- **Stored data entries**:

::::::::::

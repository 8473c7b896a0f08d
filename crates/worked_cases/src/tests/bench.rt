//! A merge that takes steps, and its fates, marks and counts in words.
ghost use Rattle.std.specs.Prelude.{◌≡◌};

use super::steps::{Sent, Step, step_of};
use super::words::{say, say_counts, say_fates, say_fault, say_mark, says};
use path_merge::{Fate, Mark, MarkKind, Merge, Path, SlotWindow, SortedWindow, StreamSpec, Window};
use std::alloc::Global;
use std::process::Abort;

/// A stream's merge, the fates that it returned and its marks in words.
#[derive(Drop)]
pub struct Bench<W: Window> {
    pub spec: StreamSpec,
    pub merge: Merge<W>,
    pub fates: Vec<Fate>,
    pub marks: String,
    ghost of_stream: { merge.spec ≡ spec },
}

impl<W: Window> Bench<W> {
    /// Returns the bench of a merge that has taken no step yet.
    fn new(alloc: Global, spec: StreamSpec, merge: Merge<W>) -> Bench<W>
        requires { merge.spec ≡ spec }
    {
        Bench {
            spec,
            merge,
            fates: Vec::new(alloc),
            marks: String::new(alloc),
        }
    }

    /// Tests that the fates are these, in words.
    pub fn has_fates(&self, rt: &impl Abort, wanted: &str, shows: &str) {
        let mut text = String::new(*self.fates.allocator());
        say_fates(rt, &mut text, &self.fates);
        says(rt, &text, wanted, shows);
    }

    /// Tests that the counts are these, in words.
    pub fn has_counts(&self, rt: &impl Abort, wanted: &str, shows: &str) {
        let mut text = String::new(*self.fates.allocator());
        say_counts(rt, &mut text, &self.merge.counts());
        says(rt, &text, wanted, shows);
    }

    /// Takes the steps of a text, with commas between them.
    pub fn take_all(&mut self, rt: &impl Abort, steps: &str) {
        for words in steps.split(',') {
            self.take(rt, step_of(rt, words));
        }
    }

    /// Takes a step.
    fn take(&mut self, rt: &impl Abort, step: Step) {
        match step {
            Step::On(path, first, times) => self.offer_all(rt, path, first, times),
            Step::Tick(now) => self.tick(rt, now),
            Step::Advance(now) => self.advance(rt, now),
            Step::Close => self.close(rt),
        }
    }

    /// Offers packets in sequence, and keeps their fates.
    fn offer_all(&mut self, rt: &impl Abort, path: Path, first: Sent, times: u16) {
        let mut sent = first;
        for _ in 0..times {
            let fate = self.offer(rt, path, sent);
            self.fates.push(fate).expect(rt, "there is memory");
            sent = sent.next();
        }
    }

    /// Offers a packet, and tests that nothing is counted after a close.
    pub fn offer(&mut self, rt: &impl Abort, path: Path, sent: Sent) -> Fate {
        let packet = sent.packet(&self.spec);
        // `Merge::offer` requires these.
        assert!(rt; path.number() < self.spec.paths() && self.spec.fits(&packet));
        let before = self.merge.counts().arrived;
        let fate = self.merge.offer(path, packet);
        let counted = self.merge.counts().arrived != before;
        assert!(rt; fate != Fate::Closed || !counted, "counted after a close");
        fate
    }

    /// Advances until the reading is passed, one mark a call, and tests that each slot comes at its deadline.
    pub fn tick(&mut self, rt: &impl Abort, now: i64) {
        // The bound ends the loop if a merge never comes to the reading. No step of a case has 1,000 marks.
        for _ in 0..1000u32 {
            let given = self.merge.advance(now);
            let Some(mark) = given.expect(rt, "the reading is in order") else {
                break;
            };
            let late = lateness(&mark, self.merge.time());
            assert!(rt;
                late == None || late == Some(i64::from(self.spec.latency())),
                "a slot's deadline"
            );
            say_mark(rt, &self.spec, &mut self.marks, &mark);
        }
        assert!(rt; self.merge.time() == now, "the reading is not passed");
    }

    /// Calls `advance` once, and appends its mark, `nothing` or the fault, and the time after it.
    fn advance(&mut self, rt: &impl Abort, now: i64) {
        match self.merge.advance(now) {
            Ok(Some(mark)) => say_mark(rt, &self.spec, &mut self.marks, &mark),
            Ok(None) => say(rt, &mut self.marks, "nothing"),
            Err(fault) => say_fault(rt, &mut self.marks, fault),
        }
        let time = self.merge.time();
        write!(self.marks, " at {time}").expect(rt, "there is memory");
    }

    /// Closes and drains, one mark a call, and tests that a second close and further drains change nothing.
    pub fn close(&mut self, rt: &impl Abort) {
        assert!(rt;
            self.merge.closed() || self.merge.drain().is_none(),
            "drained before the close"
        );
        self.merge.close();
        assert!(rt; self.merge.closed());
        self.merge.close();
        self.drain_all(rt);
        assert!(rt; self.merge.drain().is_none(), "drained after the end");
    }

    /// Drains the marks that are left.
    fn drain_all(&mut self, rt: &impl Abort) {
        for _ in 0..1000u32 {
            let Some(mark) = self.merge.drain() else {
                break;
            };
            say_mark(rt, &self.spec, &mut self.marks, &mark);
        }
    }
}

/// Returns a bench of a merge over a window of slots.
pub fn slots_bench(
    rt: &impl Abort,
    alloc: Global,
    spec: StreamSpec,
    open_at: i64,
) -> Bench<SlotWindow> {
    // `Merge::new` requires an opening time from 0 to 2^60. The cases have small ones.
    assert!(rt; 0 <= open_at && open_at <= 1_000_000);
    let merge = Merge::new(alloc, spec, open_at).expect(rt, "there is memory");
    Bench::new(alloc, spec, merge)
}

/// Returns a bench of a merge over a sorted window.
pub fn sorted_bench(
    rt: &impl Abort,
    alloc: Global,
    spec: StreamSpec,
    open_at: i64,
) -> Bench<SortedWindow> {
    // As in `slots_bench`.
    assert!(rt; 0 <= open_at && open_at <= 1_000_000);
    let window = SortedWindow::new(alloc, &spec).expect(rt, "there is memory");
    let merge = Merge::with_window(window, spec, open_at);
    Bench::new(alloc, spec, merge)
}

/// Returns how long after its media time a slot comes at this time, in sampling instants. None for other marks.
fn lateness(mark: &Mark, time: i64) -> Option<i64> {
    match mark.kind() {
        MarkKind::Slot { media, .. } => Some(time.wrapping_sub(*media)),
        MarkKind::Quiet { .. } | MarkKind::End => None,
    }
}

::::::::::

- **BRIEF**: The entries above must be written out again exactly as they are.

- **TASK ANSWER**:
repository 8473c7b896a0f08d
filename crates/worked_cases/src/tests/bench.rt
//! A merge that takes steps, and its fates, marks and counts in words.
ghost use Rattle.std.specs.Prelude.{◌≡◌};

use super::steps::{Sent, Step, step_of};
use super::words::{say, say_counts, say_fates, say_fault, say_mark, says};
use path_merge::{Fate, Mark, MarkKind, Merge, Path, SlotWindow, SortedWindow, StreamSpec, Window};
use std::alloc::Global;
use std::process::Abort;

/// A stream's merge, the fates that it returned and its marks in words.
#[derive(Drop)]
pub struct Bench<W: Window> {
    pub spec: StreamSpec,
    pub merge: Merge<W>,
    pub fates: Vec<Fate>,
    pub marks: String,
    ghost of_stream: { merge.spec ≡ spec },
}

impl<W: Window> Bench<W> {
    /// Returns the bench of a merge that has taken no step yet.
    fn new(alloc: Global, spec: StreamSpec, merge: Merge<W>) -> Bench<W>
        requires { merge.spec ≡ spec }
    {
        Bench {
            spec,
            merge,
            fates: Vec::new(alloc),
            marks: String::new(alloc),
        }
    }

    /// Tests that the fates are these, in words.
    pub fn has_fates(&self, rt: &impl Abort, wanted: &str, shows: &str) {
        let mut text = String::new(*self.fates.allocator());
        say_fates(rt, &mut text, &self.fates);
        says(rt, &text, wanted, shows);
    }

    /// Tests that the counts are these, in words.
    pub fn has_counts(&self, rt: &impl Abort, wanted: &str, shows: &str) {
        let mut text = String::new(*self.fates.allocator());
        say_counts(rt, &mut text, &self.merge.counts());
        says(rt, &text, wanted, shows);
    }

    /// Takes the steps of a text, with commas between them.
    pub fn take_all(&mut self, rt: &impl Abort, steps: &str) {
        for words in steps.split(',') {
            self.take(rt, step_of(rt, words));
        }
    }

    /// Takes a step.
    fn take(&mut self, rt: &impl Abort, step: Step) {
        match step {
            Step::On(path, first, times) => self.offer_all(rt, path, first, times),
            Step::Tick(now) => self.tick(rt, now),
            Step::Advance(now) => self.advance(rt, now),
            Step::Close => self.close(rt),
        }
    }

    /// Offers packets in sequence, and keeps their fates.
    fn offer_all(&mut self, rt: &impl Abort, path: Path, first: Sent, times: u16) {
        let mut sent = first;
        for _ in 0..times {
            let fate = self.offer(rt, path, sent);
            self.fates.push(fate).expect(rt, "there is memory");
            sent = sent.next();
        }
    }

    /// Offers a packet, and tests that nothing is counted after a close.
    pub fn offer(&mut self, rt: &impl Abort, path: Path, sent: Sent) -> Fate {
        let packet = sent.packet(&self.spec);
        // `Merge::offer` requires these.
        assert!(rt; path.number() < self.spec.paths() && self.spec.fits(&packet));
        let before = self.merge.counts().arrived;
        let fate = self.merge.offer(path, packet);
        let counted = self.merge.counts().arrived != before;
        assert!(rt; fate != Fate::Closed || !counted, "counted after a close");
        fate
    }

    /// Advances until the reading is passed, one mark a call, and tests that each slot comes at its deadline.
    pub fn tick(&mut self, rt: &impl Abort, now: i64) {
        // The bound ends the loop if a merge never comes to the reading. No step of a case has 1,000 marks.
        for _ in 0..1000u32 {
            let given = self.merge.advance(now);
            let Some(mark) = given.expect(rt, "the reading is in order") else {
                break;
            };
            let late = lateness(&mark, self.merge.time());
            assert!(rt;
                late == None || late == Some(i64::from(self.spec.latency())),
                "a slot's deadline"
            );
            say_mark(rt, &self.spec, &mut self.marks, &mark);
        }
        assert!(rt; self.merge.time() == now, "the reading is not passed");
    }

    /// Calls `advance` once, and appends its mark, `nothing` or the fault, and the time after it.
    fn advance(&mut self, rt: &impl Abort, now: i64) {
        match self.merge.advance(now) {
            Ok(Some(mark)) => say_mark(rt, &self.spec, &mut self.marks, &mark),
            Ok(None) => say(rt, &mut self.marks, "nothing"),
            Err(fault) => say_fault(rt, &mut self.marks, fault),
        }
        let time = self.merge.time();
        write!(self.marks, " at {time}").expect(rt, "there is memory");
    }

    /// Closes and drains, one mark a call, and tests that a second close and further drains change nothing.
    pub fn close(&mut self, rt: &impl Abort) {
        assert!(rt;
            self.merge.closed() || self.merge.drain().is_none(),
            "drained before the close"
        );
        self.merge.close();
        assert!(rt; self.merge.closed());
        self.merge.close();
        self.drain_all(rt);
        assert!(rt; self.merge.drain().is_none(), "drained after the end");
    }

    /// Drains the marks that are left.
    fn drain_all(&mut self, rt: &impl Abort) {
        for _ in 0..1000u32 {
            let Some(mark) = self.merge.drain() else {
                break;
            };
            say_mark(rt, &self.spec, &mut self.marks, &mark);
        }
    }
}

/// Returns a bench of a merge over a window of slots.
pub fn slots_bench(
    rt: &impl Abort,
    alloc: Global,
    spec: StreamSpec,
    open_at: i64,
) -> Bench<SlotWindow> {
    // `Merge::new` requires an opening time from 0 to 2^60. The cases have small ones.
    assert!(rt; 0 <= open_at && open_at <= 1_000_000);
    let merge = Merge::new(alloc, spec, open_at).expect(rt, "there is memory");
    Bench::new(alloc, spec, merge)
}

/// Returns a bench of a merge over a sorted window.
pub fn sorted_bench(
    rt: &impl Abort,
    alloc: Global,
    spec: StreamSpec,
    open_at: i64,
) -> Bench<SortedWindow> {
    // As in `slots_bench`.
    assert!(rt; 0 <= open_at && open_at <= 1_000_000);
    let window = SortedWindow::new(alloc, &spec).expect(rt, "there is memory");
    let merge = Merge::with_window(window, spec, open_at);
    Bench::new(alloc, spec, merge)
}

/// Returns how long after its media time a slot comes at this time, in sampling instants. None for other marks.
fn lateness(mark: &Mark, time: i64) -> Option<i64> {
    match mark.kind() {
        MarkKind::Slot { media, .. } => Some(time.wrapping_sub(*media)),
        MarkKind::Quiet { .. } | MarkKind::End => None,
    }
}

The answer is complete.